Jeremy Fletcher told me yesterday: “I have Tweeted Richard Branson to see if he fancied this, but I guess he must have been otherwise engaged.

“Our theatre company was formed last year ahead of the Buxton Fringe,” he continued. “It followed a Belgian beer induced conversation between Gareth Watkins and me about him having a life-long ambition to act and, coincidentally, me having a life-long ambition to write for theatre. Amongst other things, Gareth has been a Deputy District Judge and a long term resident of Cressbrook in Derbyshire.

“I wrote the play with Gareth in mind. It was originally supposed to be 40 – 45 minutes of horror but, having been seen by a couple of reviewers in Buxton, they seemed to consider there was more to it. With hindsight, I’m not surprised that the reviewers took more from the play than I had originally anticipated.

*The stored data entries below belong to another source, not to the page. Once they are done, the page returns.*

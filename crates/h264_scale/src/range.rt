//! Whether the values of the transform of a block are in range (8.5.12), without its residual. Mostly the sizes of its levels tell.
#![tactic(auto)]

ghost use Rattle.std.specs.Prelude.{◌≡◌, ℕ, ◌+◌, ◌*◌, ◌<◌, ◌≤◌, true, get_or, replicate, pos};
ghost use Rattle.h264_scale.specs.Residual.{d_of, d_with_dc, residual_fits};
ghost use Rattle.h264_scale.specs.Fours.{factor_at};
ghost use Rattle.h264_scale.specs.Lanes.{size_below};

use crate::residual::{V1, factor, residual4, residual4_of_dc, residual4_with_dc};

/// Coefficients without signs whose sum is no more than this have no value out of range in their transform.
const SMALL: u32 = 32735;

/// The sum of the levels without signs.
#[inline(always)]
fn total_size<const N: usize>(levels: &[i16; N]) -> u32
    requires { N ≤ 16 }
    ensures value { result ≡ size_below N levels.now }
    ensures bound { result ≤ 524288 }
{
    let mut size = 0;
    for level in levels {
        size += u32::from(level.unsigned_abs());
    }
    size
}

/// What a coefficient is multiplied by at most.
#[inline(always)]
fn greatest_factor(qp: u8) -> u32
    requires { qp ≤ 51 }
    ensures most { (i j : ℕ) → factor_at qp i j ≤ result }
    ensures bound { result ≤ 7424 }
{
    factor(V1[usize::from(qp % 6)], qp)
}

/// Whether each value of the transform of a block of 16 levels is in range (8.5.12).
#[inline]
pub fn fits4(levels: &[i16; 16], qp: u8) -> bool
    requires { qp ≤ 51 }
    ensures { result ≡ residual_fits (d_of levels.now qp) }
{
    if total_size(levels) * greatest_factor(qp) <= SMALL {
        return true;
    }
    residual4(levels, qp).is_ok()
}

/// Whether each value of the transform of a block is in range, by its scaled DC coefficient and its 15 levels from the second place of the scan on.
#[inline]
pub fn fits4_with_dc(dc: i16, levels: &[i16; 15], qp: u8) -> bool
    requires { qp ≤ 51 }
    ensures { result ≡ residual_fits (d_with_dc dc levels.now qp) }
{
    if u32::from(dc.unsigned_abs()) + total_size(levels) * greatest_factor(qp) <= SMALL {
        return true;
    }
    residual4_with_dc(dc, levels, qp).is_ok()
}

/// Whether each value of the transform of a block without levels beside its scaled DC coefficient is in range.
#[inline(always)]
pub fn fits4_of_dc(dc: i16) -> bool
    ensures { (qp : ℕ) → result ≡ residual_fits (d_with_dc dc (replicate 15 (pos 0)) qp) }
{
    residual4_of_dc(dc).is_ok()
}

/// The sum of the levels of four blocks without signs.
#[inline(always)]
fn size_of_four(levels: &[[i16; 16]; 16], first: usize) -> u32
    requires { first + 4 ≤ 16 }
    ensures each { (b : ℕ) → first ≤ b → b < first + 4 → size_below 16 (get_or levels.now b (replicate 16 (pos 0))) ≤ result }
    ensures bound { result ≤ 2097152 }
{
    total_size(&levels[first])
        + total_size(&levels[first + 1])
        + total_size(&levels[first + 2])
        + total_size(&levels[first + 3])
}

/// Whether the levels of sixteen blocks are so small together that no value of the transform of any of them leaves its range (8.5.12). Where they are
/// larger nothing is said.
#[inline]
pub fn are_small_together(levels: &[[i16; 16]; 16], qp: u8) -> bool
    requires { qp ≤ 51 }
    ensures { result ≡ true → (b : ℕ) → b < 16 → residual_fits (d_of (get_or levels.now b (replicate 16 (pos 0))) qp) ≡ true }
{
    // Without a loop, since the compiler then adds the blocks side by side.
    let size = size_of_four(levels, 0)
        + size_of_four(levels, 4)
        + size_of_four(levels, 8)
        + size_of_four(levels, 12);
    if size > SMALL {
        return false;
    }
    size * greatest_factor(qp) <= SMALL
}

Whilst the play is far from being autobiographical, it appears that I did draw on some very dark times and feelings that I’d experienced in the past.

“I suspect this bit won’t be the stuff of blogs…” he continued, perhaps revealing he has not read many of my blogs…

“… but the dark times related to a wave of mainly cancer-related deaths of seven members of my immediate family – aunts, uncles, parents and grandparents – over a five year period from 1998 to 2003. Being an only child, the most brutal part was that my mum was diagnosed with cancer in 1998, aged 49, survived for five years (until her death in July 2002) with my dad being diagnosed with lung cancer six months later, dying in November of 2003 (aged 55).

“Hopefully, I’ve stopped short of self-pity, suffice to say that I’ve found writing to be enormously therapeutic and enjoyable.”

That, to be honest, had me hooked as the background for writing a play. I might go see Shadow On Their Wall at the Fringe this year.

To repeat, yet again, the late Malcolm Hardee’s oft-used and eternally-wise intro to unknown open spot acts at his clubs: “Might be shit. Might be good. Who knows?”

Nigel Farage in The Times today

Nigel Farage in The Times today after UKIP’s big election wins yesterday

But “Might be worth watching” is good enough for me.

Talking of which…

This morning, I woke up to a message saying that someone billing himself as ‘Assistant to Nigel Farage MEP’ – the leader of the UK Independence Party – would like to connect with me on LinkedIn. Of course, I immediately did.

I always enjoy encountering interesting people.

The Chinese saying “May you live in interesting times” is not always a curse.